Pierre Godeau signe l’adaptation attendue du roman graphique de Sempé, avec Benoît Poelvoorde en héros très discret.
Benoît Poelvoorde traîne lentement sa silhouette dégingandée, accentuée par une salopette de mécano mal ajustée. L’oeil las, le menton rentré dans le cou, le débit hésitant, il compose un héros mi-lunaire, mi-tragique, miné par un mensonge sur lequel sa vie s’est construite : ni son père facteur qui attendait de lui qu’il lui succède), ni son épouse et mère de ses enfants ne se sont jamais doutés de son problème d’équilibre l’empêchant de faire du vélo. L’arrivée au village d’un photographe (Édouard Baer, toujours aussi irrésisitible) venu tirer le portrait de quelques gloires locales, dont Raoul, fera-t-elle jaillir la vérité ? Avec cette adaptation respectueuse du style minimaliste de Sempé (malgré quelques aménagements ici et là), Pierre Godeau offre à Benoît Poelvoorde une partition sur mesure. L’acteur, qui dans sa jeunesse, caressait l'idée de devenir dessinateur, est un grand fan devant l’éternel du créateur du Petit Nicolas. « Avec Édouard, on se disait qu’on faisait de la pantomime, déclare l’acteur belge. Il fallait être fidèle à la poésie de Sempé. C’était un bel exercice. » De son côté, Pierre Godeau a tenté de retranscrire par l’image l’inimitable esprit des dessins de Sempé, où l’humour très subtil voisine avec un sens de l’observation affuté. Outre les personnages principaux incarnés par Poelvoorde, Baer et la délicate Suzanne Clément (l’actrice québécoise joue la femme de Taburin), Godeau croque des personnages secondaires pittoresques : le père renfrogné de Raoul qui machouille nerveusement sa pipe (formidable Grégory Gadebois) ou le champion local de vélo toujours droit et prêt à enfourcher sa machine (le désopilant Vincent Desagnat). Ajoutez des touches de poésie remarquablement distillés et vous obtenez le feelgood movie du mois. Rien que ça.

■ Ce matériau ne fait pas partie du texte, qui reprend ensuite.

// docs/RULES.md, "Models": the tables of a model, as long as their counts tell, and every mechanism in them checked.
#![tactic(auto)]

ghost use Rattle.std.specs.Prelude.{◌≡◌, true, not, ◌≤◌};
ghost use Rattle.codes.specs.declared.Refusal.TheVariants.{Short};
ghost use Rattle.codes.specs.Order.{refuse_if};
ghost use Rattle.codes.specs.Limits.{max_mechanisms};
ghost use Rattle.dem.specs.Model.{check_model};
ghost use Rattle.dem.specs.Tables.{model_of, columns_hold, tables_hold};
ghost use Rattle.dem.specs.Check.{check_all};
ghost use Rattle.dem.specs.Lent.{tables_of};

use codes::{Checked, Refusal};
use dem::{Model, Place};

// An entry in each column for each mechanism.
#[tactic(auto, unfolding(dem::specs::Tables::columns_hold))]
fn columns_hold(model: &Model) -> bool
    ensures { result ≡ columns_hold model.now.mechanisms (tables_of model.now) }
{
    let n = model.mechanisms;
    n <= model.probability.len()
        && n <= model.detector_counts.len()
        && n <= model.observable_counts.len()
        && n <= model.component_counts.len()
}

// The tables hold the mechanisms that their counts tell of, or 2.
#[tactic(auto, using(dem::proofs::Positions::lengths, dem::proofs::Positions::tables_parts))]
pub fn check_tables(model: &Model) -> Checked
    requires { model.now.mechanisms ≤ max_mechanisms }
    ensures { result ≡ refuse_if (not (tables_hold model.now.mechanisms (tables_of model.now))) Short }
{
    if !columns_hold(model) {
        return Err(Refusal::Short);
    }
    let components = dem::sum(&model.component_counts[0..model.mechanisms]);
    if model.component_detectors.len() < components
        || model.component_observables.len() < components
    {
        return Err(Refusal::Short);
    }
    let end = model.totals();
    if model.entries.len() < end.entry {
        return Err(Refusal::Short);
    }
    Ok(())
}

// Each mechanism of tables that hold them, in order.
pub fn check_mechanisms(model: &Model) -> Checked
    requires { tables_hold model.now.mechanisms (tables_of model.now) ≡ true }
    ensures { result ≡ check_model model.now.detectors model.now.observables 0 (model_of model.now.mechanisms (tables_of model.now)) }
{
    let mut place = Place {
        component: 0,
        entry: 0,
    };
    for i in 0..model.mechanisms {
        let h = model.head(i);
        mechanism_check::check_mechanism(model, i, h, place)?;
        place = model.past(h, place);
    }
    Ok(())
}

// The limits (1), the tables (2), then each mechanism in order.
#[tactic(auto, using(codes::proofs::Checks::counts_within, codes::proofs::Checks::unless_accepted))]
pub fn check_model(model: &Model) -> Checked
    ensures { result ≡ check_all model.now.detectors model.now.observables model.now.mechanisms (tables_of model.now) }
{
    codes::check_counts(model.detectors, model.observables, model.mechanisms)?;
    check_tables(model)?;
    check_mechanisms(model)
}
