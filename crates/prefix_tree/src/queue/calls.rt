//! What a queue of prefixes does.

ghost use Rattle.std.specs.Prelude.{◌≡◌, ◌+◌, ◌<◌, ◌≤◌, ◌∷◌, ◌++◌, [], All, IfSome, IfNone, IfOk, OnOk, OnErr, IsPermutation, drop, slice_index_or, length};
ghost use Rattle.std.specs.BinaryHeap.{IsHeap, heap_items, heap_len, heap_capacity};
ghost use Rattle.prefix_tree.specs.Entries.{queued_entries, HasQueueRoom};
ghost use Rattle.prefix_tree.specs.Order.{IsNoLater, queue_order};

use crate::entry::Entry;
use crate::queue::Queue;
use lazy_plans::Steps;
use std::alloc::{AllocError, Global};
use std::collections::BinaryHeap;
use std::sync::ledger::Ledger;

/// Puts the entry in the place of the first one, from where it goes down as far as others go before it.
fn put_first(heap: &mut BinaryHeap<Entry>, entry: Entry)
    requires some { 0 < heap_len heap.old }
    ensures items { IsPermutation (entry ∷ drop 1 (heap_items heap.old)) (heap_items heap.new) }
    ensures order { IsHeap queue_order (heap_items heap.old) → IsHeap queue_order (heap_items heap.new) }
    ensures len { heap_len heap.new ≡ heap_len heap.old }
    ensures capacity { heap_capacity heap.new ≡ heap_capacity heap.old }
{
    let mut top = heap.peek_mut().unwrap();
    *top = entry;
}

impl Queue {
    /// No entry.
    pub fn new(alloc: Global) -> Queue
        ensures { queued_entries result ≡ [] }
    {
        Queue {
            heap: BinaryHeap::new(alloc),
        }
    }

    /// Puts one entry more in.
    pub fn push(&mut self, entry: Entry) -> Result<(), AllocError>
        ensures ok { OnOk result (IsPermutation (entry ∷ queued_entries self.old) (queued_entries self.new)) }
        ensures err { OnErr result (queued_entries self.new ≡ queued_entries self.old) }
    {
        self.heap.push(entry)?;
        Ok(())
    }

    /// The first entry, one of the least bound, and of those one that no other goes before. It stays.
    pub fn first(&self) -> Option<Entry>
        ensures none { IfNone result (queued_entries self.now ≡ []) }
        ensures some { IfSome result (λ e. 0 < length (queued_entries self.now)) }
        ensures at { IfSome result (λ e. e ≡ slice_index_or (queued_entries self.now) 0 e) }
        ensures least { IfSome result (λ e. All (λ x. e.bound.0 ≤ x.bound.0) (queued_entries self.now)) }
        ensures order { IfSome result (λ e. All (IsNoLater e) (queued_entries self.now)) }
    {
        match self.heap.peek() {
            None => None,
            Some(entry) => Some(*entry),
        }
    }

    /// Finds memory for so many entries more, which `replace` then needs no more.
    pub fn make_room(&mut self, more: usize) -> Result<(), AllocError>
        ensures same { queued_entries self.new ≡ queued_entries self.old }
        ensures ok { OnOk result (HasQueueRoom self.new more) }
    {
        self.heap.reserve(more)
    }

    /// One turn: takes the first entry out, puts the others in, and counts one step. It takes no memory.
    ///
    /// No other call takes an entry out, but for `join`, which hands all of them to another queue: so the steps that are
    /// counted are the turns of both queues.
    pub fn replace<L: Ledger>(&mut self, others: Vec<Entry>, steps: &mut Steps<L>)
        requires some { 0 < length (queued_entries self.old) }
        requires room { HasQueueRoom self.old (length others.items) }
        ensures replaces { (e : Entry) → e ≡ slice_index_or (queued_entries self.old) 0 e
            → IsPermutation (queued_entries self.old ++ others.items) (e ∷ queued_entries self.new) }
        ensures steps { steps.new ≡ steps.old + 1 }
    {
        steps.tick();
        let mut others = BinaryHeap::from(others);
        match others.pop() {
            None => {
                let _ = self.heap.pop();
            }
            Some(next) => {
                put_first(&mut self.heap, next);
                let _ = self.heap.append(&mut others);
            }
        }
    }

    /// Puts these entries in. It takes no memory.
    pub fn add(&mut self, others: Vec<Entry>)
        requires room { HasQueueRoom self.old (length others.items) }
        ensures { IsPermutation (queued_entries self.old ++ others.items) (queued_entries self.new) }
    {
        let mut others = BinaryHeap::from(others);
        let _ = self.heap.append(&mut others);
    }

    /// Puts all entries of the other queue in, which has none then. Out of memory, it leaves both.
    pub fn join(&mut self, other: &mut Queue) -> Result<(), AllocError>
        ensures ok { OnOk result (IsPermutation (queued_entries self.old ++ queued_entries other.old)
            (queued_entries self.new)) }
        ensures none { OnOk result (queued_entries other.new ≡ []) }
        ensures err { OnErr result (queued_entries self.new ≡ queued_entries self.old) }
        ensures same { OnErr result (queued_entries other.new ≡ queued_entries other.old) }
    {
        self.heap.append(&mut other.heap)
    }
}
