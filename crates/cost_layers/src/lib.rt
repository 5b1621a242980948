//! Sets of states by cost: layers in rings, the steps that make one layer, and what runs reach inside a set.
//!
//! A `Layers` keeps sets of a space: for each cost the rings that were added for it, in that order, and their union,
//! the layer of that cost. Beside them it keeps a bound below which its layers are known to be right, and whether a
//! cost past the range was left out. It takes each ring over from its caller and gives back the unions that it
//! replaces; a layer of one ring is that ring itself. A `Layer` is one layer by itself, which is made elsewhere and
//! taken over whole. A refused call leaves the layers as they were.
//!
//! The steps make one layer of a cost from cheaper ones, over any space and on either side. A layer begins at the
//! starts, for cost 0, and where arcs that cost something lead from a cheaper layer; from there it goes on by arcs of
//! cost 0, ring by ring, inside a room of states. The calls make such a layer by itself, with exactly its sets new,
//! tell the room, whether arcs lead past a cost, and which operator leads out of a set. `OpenCosts` is the open list;
//! it opens the costs that follow from a layer. A refused call leaves the valid sets and the open costs as they were;
//! out of memory is the one refusal.
//!
//! `reach` gives the states that runs reach inside a set, from the initial state or back from the goal. Each set that
//! was made on the way is given back, here and by the steps.
//!
//! It stands on `space_api` for sets, on `run_graph` for sides, for what a layer is and for what is reached inside, on
//! `plan_cuts` for the side across, on `task_system` for states, and on `symk_task` for `Memory`.
#![tactic(auto)]

mod arcs;
mod closing;
mod gathering;
mod layers;
mod leaving;
mod meeting;
mod open_costs;
mod reaching;
mod release;
mod rooms;

pub use arcs::{along, escapes};
pub use closing::close;
pub use gathering::{gather, make_layer, unite_along};
pub use layers::{Layer, Layers};
pub use leaving::{images_lead_out, leads_out, way_out};
pub use open_costs::OpenCosts;
pub use reaching::{other_side, reach};
pub use release::forget_layer;
pub use rooms::{Room, leave_room, room_of};
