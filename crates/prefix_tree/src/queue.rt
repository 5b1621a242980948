//! A queue of prefixes.

mod calls;

ghost use Rattle.std.specs.BinaryHeap.{IsHeap, heap_items};
ghost use Rattle.std.proofs.Props.{props};
ghost use Rattle.prefix_tree.specs.Order.{queue_order};

use crate::entry::Entry;
use std::collections::BinaryHeap;

/// A queue of prefixes, a binary heap (J. W. J. Williams, 1964). The first is one of the least bound, of those
/// one of the greatest cost, and of those one in the earliest ring.
#[derive(Drop)]
pub struct Queue {
    heap: BinaryHeap<Entry>,
    ghost ordered: { IsHeap queue_order (heap_items heap) } by { Prim.hlevel props },
}
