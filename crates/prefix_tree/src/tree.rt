//! A tree of prefixes, each with the one before it.

ghost use Rattle.std.specs.Prelude.{◌≡◌, ◌<◌, ◌∷◌, ◌++◌, [], List, IfOk, OnErr, length, reverse, slice_index_or};
ghost use Rattle.std.specs.Bool.{Decides};
ghost use Rattle.symk_task.specs.declared.parts.Mode.{Mode};
ghost use Rattle.task_system.specs.System.{State, System, Listed, trace};
ghost use Rattle.prefix_tree.specs.StateGraph.{AreDistinctStates, numbered_state};
ghost use Rattle.prefix_tree.specs.Tree.{IsTree, AreLinked, path_at};

use std::alloc::{AllocError, Global};

/// A prefix: the place of the one before it, the operator that makes it longer, and the number of the one state where
/// it ends.
///
/// The first of a tree is the empty prefix, of which only the state counts.
#[derive(Clone, Copy, Debug)]
pub struct Node {
    pub parent: usize,
    pub op: u32,
    pub state: usize,
}

/// The prefix at this place.
pub fn node_at(tree: &[Node], at: usize) -> Node
    requires { at < length tree.now }
    ensures { (d : Node) → result ≡ slice_index_or tree.now at d }
{
    tree[at]
}

/// Whether the prefix passes the state of this number.
pub fn passes(tree: &[Node], node: usize, state: usize) -> bool
    requires linked { AreLinked tree.now }
    requires node { node < length tree.now }
    ensures { (y : System) (m : Mode) (states : List State) → IsTree y m states tree.now
        → AreDistinctStates states → state < length states
        → Decides result (Listed (trace y y.initial (path_at tree.now node)) (numbered_state states state)) }
{
    let mut at = node;
    'up: loop {
        let here = node_at(tree, at);
        if here.state == state {
            return true;
        }
        if at == 0 {
            return false;
        }
        at = here.parent;
    }
}

/// The operators of the prefix, the last one first.
fn operators_back(alloc: Global, tree: &[Node], node: usize) -> Result<Vec<u32>, AllocError>
    requires linked { AreLinked tree.now }
    requires node { node < length tree.now }
    ensures { IfOk result (λ operators. path_at tree.now node ≡ reverse operators.items) }
{
    let mut operators = Vec::new(alloc);
    let mut at = node;
    'up: while at != 0 {
        let here = node_at(tree, at);
        operators.push(here.op)?;
        at = here.parent;
    }
    Ok(operators)
}

/// The operators of the prefix.
pub fn operators_to(alloc: Global, tree: &[Node], node: usize) -> Result<Vec<u32>, AllocError>
    requires linked { AreLinked tree.now }
    requires node { node < length tree.now }
    ensures { IfOk result (λ operators. operators.items ≡ path_at tree.now node) }
{
    let mut operators = operators_back(alloc, tree, node)?;
    operators.reverse();
    Ok(operators)
}

/// Adds the prefix that is longer by the operator and ends in the state of this number, and tells its place. Out of
/// memory, it leaves the tree as it was.
pub fn add(tree: &mut Vec<Node>, parent: usize, op: u32, state: usize) -> Result<usize, AllocError>
    ensures place { IfOk result (λ place. place ≡ length tree.old.items) }
    ensures child { IfOk result (λ place. tree.new.items ≡ tree.old.items
        ++ record { parent = parent; op = op; state = state } ∷ []) }
    ensures err { OnErr result (tree.new.items ≡ tree.old.items) }
{
    let place = tree.len();
    tree.push(Node { parent, op, state })?;
    Ok(place)
}
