//! Whether the goal holds where a prefix may end.

ghost use Rattle.std.specs.Prelude.{◌≤◌, ℕ, List, IsTrue, IfOk};
ghost use Rattle.std.specs.Bool.{Decides};
ghost use Rattle.task_system.specs.System.{State, RunsInSystem, cost_in_system};
ghost use Rattle.space_api.specs.View.{View};
ghost use Rattle.space_api.specs.States.{IsReached};

use space_api::{Space, SpaceFault, goal_at};
use std::alloc::Global;
use symk_task::State;

/// Whether the goal holds in the state, which operators reach, where no list from there to the goal costs less than `left`.
/// The state is looked at only where nothing may be left.
pub fn goal_after<S: Space>(
    alloc: Global,
    space: &S,
    state: &State,
    left: u128,
) -> Result<bool, SpaceFault>
    requires reached { IsReached (S.view space.now).system state.now }
    requires left { (p : List ℕ) (t : State) → RunsInSystem (S.view space.now).system state.now p t
        → IsTrue ((S.view space.now).system.goal t) → left ≤ cost_in_system (S.view space.now).system p }
    ensures { IfOk result (λ holds. Decides holds (IsTrue ((S.view space.now).system.goal state.now))) }
{
    if left > 0 {
        return Ok(false);
    }
    goal_at(alloc, space, state)
}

3 bonnes raisons d’y aller :
1. Pour l’hommage à Sempé
Pierre Godeau réalise un bel hommage à l’illustre dessinateur avec cette adaptation follement poétique. On y retrouve les personnages attachants, une fantaisie et un humour incomparables, qui ont fait la légende de Sempé.
2. Pour la nostalgie
« Douce France, cher pays de mon enfance… » Le film nous plonge dans une France rêvée, champêtre et intemporelle. C’est pour ne pas perturber cette harmonie villageoise que Raoul Taburin dissimule son secret d’enfance, qui ne cesse de s’alourdir avec le temps.
3. Pour la célébration de l’amitié
De son partenaire Édouard Baer, Benoît Poelvoorde confie : « Quand je le regarde, parfois, je me vois. On a rarement tourné ensemble, mais on est amis depuis longtemps. » Une complicité à la ville qui crève l’écran et forge un tandem fraternel fort réussi.